PROBLEM -
Each line below that includes "shown" counts once; report the total and nothing more.

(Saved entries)
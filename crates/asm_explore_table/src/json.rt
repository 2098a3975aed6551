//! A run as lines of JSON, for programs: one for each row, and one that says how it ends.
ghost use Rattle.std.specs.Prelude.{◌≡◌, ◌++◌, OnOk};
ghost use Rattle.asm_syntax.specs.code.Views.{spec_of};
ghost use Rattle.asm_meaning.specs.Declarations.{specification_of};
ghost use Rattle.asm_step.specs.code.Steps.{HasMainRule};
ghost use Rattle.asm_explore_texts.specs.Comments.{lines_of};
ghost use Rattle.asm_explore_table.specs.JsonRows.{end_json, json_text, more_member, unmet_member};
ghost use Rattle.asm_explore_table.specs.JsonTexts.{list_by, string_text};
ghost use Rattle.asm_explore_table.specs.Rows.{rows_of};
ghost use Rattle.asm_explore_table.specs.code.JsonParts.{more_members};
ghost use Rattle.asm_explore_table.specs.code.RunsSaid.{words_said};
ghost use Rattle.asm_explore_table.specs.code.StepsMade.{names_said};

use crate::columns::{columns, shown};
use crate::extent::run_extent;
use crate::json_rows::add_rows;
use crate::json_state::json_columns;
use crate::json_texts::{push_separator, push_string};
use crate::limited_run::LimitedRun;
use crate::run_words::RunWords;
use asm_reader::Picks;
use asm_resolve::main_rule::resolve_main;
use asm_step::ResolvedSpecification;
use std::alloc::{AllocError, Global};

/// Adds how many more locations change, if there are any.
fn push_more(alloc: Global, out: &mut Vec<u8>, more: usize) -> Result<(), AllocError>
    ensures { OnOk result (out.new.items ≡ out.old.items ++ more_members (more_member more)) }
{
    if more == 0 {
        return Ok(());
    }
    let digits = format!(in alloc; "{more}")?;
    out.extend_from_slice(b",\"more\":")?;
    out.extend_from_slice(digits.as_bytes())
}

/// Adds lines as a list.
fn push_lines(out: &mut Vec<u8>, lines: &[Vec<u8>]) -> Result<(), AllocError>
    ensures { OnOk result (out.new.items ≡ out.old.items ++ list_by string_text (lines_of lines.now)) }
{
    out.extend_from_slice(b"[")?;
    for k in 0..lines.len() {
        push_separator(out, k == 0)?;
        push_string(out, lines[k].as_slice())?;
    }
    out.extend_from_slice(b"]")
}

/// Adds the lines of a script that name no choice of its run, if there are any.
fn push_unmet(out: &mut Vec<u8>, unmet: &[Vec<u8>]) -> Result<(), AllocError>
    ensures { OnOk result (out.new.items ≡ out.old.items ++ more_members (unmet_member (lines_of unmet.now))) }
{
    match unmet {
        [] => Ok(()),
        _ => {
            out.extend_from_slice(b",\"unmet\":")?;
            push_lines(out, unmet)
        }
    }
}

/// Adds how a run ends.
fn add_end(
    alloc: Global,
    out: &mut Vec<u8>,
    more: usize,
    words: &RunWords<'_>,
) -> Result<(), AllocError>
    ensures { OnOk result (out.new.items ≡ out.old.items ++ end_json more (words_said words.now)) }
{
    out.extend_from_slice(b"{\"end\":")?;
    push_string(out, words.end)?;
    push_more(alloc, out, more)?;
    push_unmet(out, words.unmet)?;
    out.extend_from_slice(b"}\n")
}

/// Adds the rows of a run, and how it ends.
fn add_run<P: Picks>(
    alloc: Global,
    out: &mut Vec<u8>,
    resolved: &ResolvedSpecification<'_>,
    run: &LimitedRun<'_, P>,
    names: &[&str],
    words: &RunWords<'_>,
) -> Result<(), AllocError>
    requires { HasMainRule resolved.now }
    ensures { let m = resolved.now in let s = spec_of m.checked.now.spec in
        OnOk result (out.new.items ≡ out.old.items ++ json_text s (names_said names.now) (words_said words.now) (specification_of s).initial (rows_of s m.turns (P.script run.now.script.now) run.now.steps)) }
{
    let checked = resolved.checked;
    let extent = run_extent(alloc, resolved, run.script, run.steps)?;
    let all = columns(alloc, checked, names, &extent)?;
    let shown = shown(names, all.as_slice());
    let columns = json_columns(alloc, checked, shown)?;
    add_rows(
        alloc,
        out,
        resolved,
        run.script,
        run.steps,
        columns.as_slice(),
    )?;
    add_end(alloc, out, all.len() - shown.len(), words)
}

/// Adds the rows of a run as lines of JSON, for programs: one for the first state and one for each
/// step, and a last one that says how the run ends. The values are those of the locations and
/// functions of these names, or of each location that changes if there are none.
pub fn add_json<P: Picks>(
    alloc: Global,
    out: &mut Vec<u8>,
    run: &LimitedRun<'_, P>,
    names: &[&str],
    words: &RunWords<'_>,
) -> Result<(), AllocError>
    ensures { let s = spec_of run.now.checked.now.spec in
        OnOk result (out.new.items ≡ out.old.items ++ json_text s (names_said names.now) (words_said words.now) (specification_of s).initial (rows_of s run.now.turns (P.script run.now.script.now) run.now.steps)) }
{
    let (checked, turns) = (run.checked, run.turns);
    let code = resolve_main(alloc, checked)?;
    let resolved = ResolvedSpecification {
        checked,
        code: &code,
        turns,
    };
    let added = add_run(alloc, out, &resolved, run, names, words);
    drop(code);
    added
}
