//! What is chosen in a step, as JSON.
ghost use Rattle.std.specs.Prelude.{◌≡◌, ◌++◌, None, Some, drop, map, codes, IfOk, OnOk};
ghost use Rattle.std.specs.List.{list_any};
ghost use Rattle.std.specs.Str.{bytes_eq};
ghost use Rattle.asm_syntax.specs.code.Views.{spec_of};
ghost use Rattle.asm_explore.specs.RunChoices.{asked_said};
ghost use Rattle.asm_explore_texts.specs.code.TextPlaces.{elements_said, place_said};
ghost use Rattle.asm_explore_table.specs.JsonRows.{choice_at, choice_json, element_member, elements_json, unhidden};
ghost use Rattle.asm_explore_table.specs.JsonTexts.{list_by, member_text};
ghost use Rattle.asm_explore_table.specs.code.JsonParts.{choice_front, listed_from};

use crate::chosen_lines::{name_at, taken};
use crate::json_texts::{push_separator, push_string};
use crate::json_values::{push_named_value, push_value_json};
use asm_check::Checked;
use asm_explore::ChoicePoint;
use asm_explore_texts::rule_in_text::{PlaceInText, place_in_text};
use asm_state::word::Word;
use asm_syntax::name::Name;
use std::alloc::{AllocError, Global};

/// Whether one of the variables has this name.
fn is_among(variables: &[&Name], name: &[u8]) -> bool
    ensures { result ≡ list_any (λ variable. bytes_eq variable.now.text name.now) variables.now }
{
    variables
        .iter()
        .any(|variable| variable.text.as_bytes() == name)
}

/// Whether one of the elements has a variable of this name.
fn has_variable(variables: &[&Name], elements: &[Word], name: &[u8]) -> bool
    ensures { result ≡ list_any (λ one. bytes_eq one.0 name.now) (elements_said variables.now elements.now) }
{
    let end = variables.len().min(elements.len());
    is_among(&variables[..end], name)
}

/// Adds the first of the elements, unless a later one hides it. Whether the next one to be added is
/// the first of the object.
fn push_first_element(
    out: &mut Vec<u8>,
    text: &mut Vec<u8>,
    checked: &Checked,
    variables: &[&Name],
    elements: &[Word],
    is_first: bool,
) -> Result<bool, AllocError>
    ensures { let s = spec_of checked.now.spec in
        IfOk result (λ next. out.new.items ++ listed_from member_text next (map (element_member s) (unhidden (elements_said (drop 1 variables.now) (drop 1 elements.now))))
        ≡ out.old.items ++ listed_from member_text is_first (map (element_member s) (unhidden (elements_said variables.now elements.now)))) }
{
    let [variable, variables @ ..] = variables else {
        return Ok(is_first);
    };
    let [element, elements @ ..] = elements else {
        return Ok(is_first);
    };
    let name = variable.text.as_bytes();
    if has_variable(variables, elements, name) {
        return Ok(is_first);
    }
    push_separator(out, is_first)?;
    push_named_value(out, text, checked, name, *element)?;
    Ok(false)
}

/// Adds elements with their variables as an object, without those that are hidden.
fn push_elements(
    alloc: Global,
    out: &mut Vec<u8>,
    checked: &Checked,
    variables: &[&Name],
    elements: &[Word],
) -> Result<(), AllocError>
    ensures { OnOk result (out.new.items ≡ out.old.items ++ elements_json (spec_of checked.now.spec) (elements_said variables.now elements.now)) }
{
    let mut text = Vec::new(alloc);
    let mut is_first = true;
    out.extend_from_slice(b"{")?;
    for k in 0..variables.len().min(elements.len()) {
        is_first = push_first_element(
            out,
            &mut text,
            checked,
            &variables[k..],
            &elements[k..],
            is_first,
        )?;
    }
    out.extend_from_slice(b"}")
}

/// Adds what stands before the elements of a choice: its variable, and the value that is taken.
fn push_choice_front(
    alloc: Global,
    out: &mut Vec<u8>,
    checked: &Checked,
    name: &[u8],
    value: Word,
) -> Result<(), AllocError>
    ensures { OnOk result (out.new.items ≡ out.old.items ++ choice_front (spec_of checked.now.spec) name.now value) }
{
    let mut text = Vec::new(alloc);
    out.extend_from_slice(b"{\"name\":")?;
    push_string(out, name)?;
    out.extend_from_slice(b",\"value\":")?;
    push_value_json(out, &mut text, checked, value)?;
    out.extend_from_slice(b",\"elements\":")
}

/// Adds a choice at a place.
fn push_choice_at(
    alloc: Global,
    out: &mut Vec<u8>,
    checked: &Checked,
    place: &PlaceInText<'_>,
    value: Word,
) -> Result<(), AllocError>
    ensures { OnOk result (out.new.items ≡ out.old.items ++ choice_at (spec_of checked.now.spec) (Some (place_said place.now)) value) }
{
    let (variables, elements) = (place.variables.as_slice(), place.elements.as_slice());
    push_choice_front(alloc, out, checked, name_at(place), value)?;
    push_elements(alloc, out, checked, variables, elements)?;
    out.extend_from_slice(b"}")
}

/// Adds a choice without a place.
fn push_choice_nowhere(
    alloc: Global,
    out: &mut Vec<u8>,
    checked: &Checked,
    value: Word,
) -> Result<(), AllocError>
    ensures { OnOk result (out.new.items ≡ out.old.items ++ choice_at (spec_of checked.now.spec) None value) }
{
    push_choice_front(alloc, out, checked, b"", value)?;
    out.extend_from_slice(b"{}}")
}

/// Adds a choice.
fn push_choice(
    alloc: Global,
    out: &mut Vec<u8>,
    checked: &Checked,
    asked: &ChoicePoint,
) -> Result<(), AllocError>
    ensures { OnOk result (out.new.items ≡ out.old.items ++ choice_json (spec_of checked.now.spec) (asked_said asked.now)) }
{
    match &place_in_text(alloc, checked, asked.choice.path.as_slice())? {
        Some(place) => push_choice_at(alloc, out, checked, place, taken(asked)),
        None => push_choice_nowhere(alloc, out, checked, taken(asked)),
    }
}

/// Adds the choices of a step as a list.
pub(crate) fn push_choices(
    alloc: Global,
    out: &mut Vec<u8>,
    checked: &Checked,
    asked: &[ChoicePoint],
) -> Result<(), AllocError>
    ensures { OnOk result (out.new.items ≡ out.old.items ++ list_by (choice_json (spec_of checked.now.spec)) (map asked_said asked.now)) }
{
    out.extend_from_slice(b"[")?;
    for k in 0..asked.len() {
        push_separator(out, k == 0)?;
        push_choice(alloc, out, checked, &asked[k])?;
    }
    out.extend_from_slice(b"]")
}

SOLUTION FOR THIS TASK -
4